**DIRECTIONS**
Search the data below for the word "None" and report how many lines contain it, with no added words.

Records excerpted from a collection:

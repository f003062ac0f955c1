//! What becomes of the leases of a client in a step.

ghost use Rattle.std.specs.Prelude.{◌≡◌, is_some, option_map, IfOk, OnErr, OnOk};
ghost use Rattle.lease6_text.specs.Leases.{lease6_content};
ghost use Rattle.v6_client.specs.Calls.{has_origin};
ghost use Rattle.v6_client.specs.Clients.{kept_in, plea_in};
ghost use Rattle.v6_client.specs.Moves.{is_of_held, kept_after, old_of, plea_after};
ghost use Rattle.v6_client.specs.Saying as saying;

use crate::holding::pleads;
use crate::leases::{Leases6, kept_copied};
use crate::states::{Keep6, News6, State6, Step6};
use lease6_text::Lease6;
use net_types::NoMemory;
use std::alloc::Global;
use std::mem;

/// Whether the news is of a lease that was held.
fn is_of_held(news: News6) -> bool
    ensures { result ≡ is_of_held news }
{
    match news {
        News6::Nothing | News6::Bound | News6::Reboot | News6::Changed => false,
        News6::Renew | News6::Rebind | News6::Expire | News6::Stop => true,
    }
}

/// The lease that goes, where the news is of it.
fn old_of(news: News6, held: bool, gone: Option<Lease6>) -> Option<Lease6>
    ensures { option_map lease6_content result ≡ old_of news held (option_map lease6_content gone) }
{
    if is_of_held(news) && held {
        return gone;
    }
    None
}

/// A copy of a lease that stays, where the news is of it.
fn old_copied(
    alloc: Global,
    news: News6,
    held: bool,
    kept: &Option<Lease6>,
) -> Result<Option<Lease6>, NoMemory>
    ensures { IfOk result
        (λ old. option_map lease6_content old ≡ old_of news held (option_map lease6_content kept.now)) }
{
    if is_of_held(news) && held {
        return kept_copied(alloc, kept);
    }
    Ok(None)
}

impl Leases6 {
    /// What becomes of the kept lease. Answers the lease that was held before, where the news is of it.
    fn keep(
        &mut self,
        alloc: Global,
        held: bool,
        step: Step6,
        fresh: Option<Lease6>,
    ) -> Result<Option<Lease6>, NoMemory>
        ensures kept { OnOk result
            (kept_in self.new ≡ kept_after step.keep (option_map lease6_content fresh) (kept_in self.old)) }
        ensures plea { OnOk result (plea_in self.new ≡ plea_in self.old) }
        ensures old { IfOk result (λ old. option_map lease6_content old ≡ old_of step.news held (kept_in self.old)) }
        ensures err { OnErr result (kept_in self.new ≡ kept_in self.old) }
    {
        match step.keep {
            Keep6::Stays => old_copied(alloc, step.news, held, &self.kept),
            Keep6::Clears => Ok(old_of(step.news, held, self.kept.take())),
            Keep6::Takes => {
                let gone = mem::replace(&mut self.kept, fresh);
                Ok(old_of(step.news, held, gone))
            }
        }
    }

    /// What a server is asked lasts as long as it is asked.
    fn end_plea(&mut self, state: State6)
        ensures kept { kept_in self.new ≡ kept_in self.old }
        ensures plea { plea_in self.new ≡ plea_after state (plea_in self.old) }
    {
        if !pleads(state) {
            self.plea = None;
        }
    }

    /// Goes a step of the table. Answers the lease that was held before, where the news is of it.
    pub(crate) fn go(
        &mut self,
        alloc: Global,
        held: bool,
        step: Step6,
        fresh: Option<Lease6>,
    ) -> Result<Option<Lease6>, NoMemory>
        ensures kept { OnOk result
            (kept_in self.new ≡ kept_after step.keep (option_map lease6_content fresh) (kept_in self.old)) }
        ensures plea { OnOk result (plea_in self.new ≡ plea_after step.state (plea_in self.old)) }
        ensures old { IfOk result (λ old. option_map lease6_content old ≡ old_of step.news held (kept_in self.old)) }
        ensures err { OnErr result (kept_in self.new ≡ kept_in self.old) }
    {
        let old = self.keep(alloc, held, step, fresh)?;
        self.end_plea(step.state);
        Ok(old)
    }

    /// Whether there is a kept lease.
    pub(crate) fn is_kept(&self) -> bool
        ensures { result ≡ is_some (kept_in self.now) }
    {
        match &self.kept {
            Some(_) => true,
            None => false,
        }
    }

    /// Whether the kept lease tells its origin.
    pub(crate) fn has_origin(&self) -> bool
        ensures { result ≡ has_origin (kept_in self.now) }
    {
        match &self.kept {
            Some(lease) => lease.origin.is_some(),
            None => false,
        }
    }

    /// The server of the kept lease.
    pub(crate) fn leased_by(&self) -> Option<&[u8]>
        ensures { option_map (λ v. v.now) result ≡ saying.lease_server (kept_in self.now) }
    {
        match &self.kept {
            Some(lease) => Some(lease.server.as_slice()),
            None => None,
        }
    }

    /// The server that is asked.
    pub(crate) fn pleaded_with(&self) -> Option<&[u8]>
        ensures { option_map (λ v. v.now) result ≡ saying.plea_server (plea_in self.now) }
    {
        match &self.plea {
            Some(plea) => Some(plea.server.as_slice()),
            None => None,
        }
    }
}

**SOLUTION TO THE PROBLEM**
7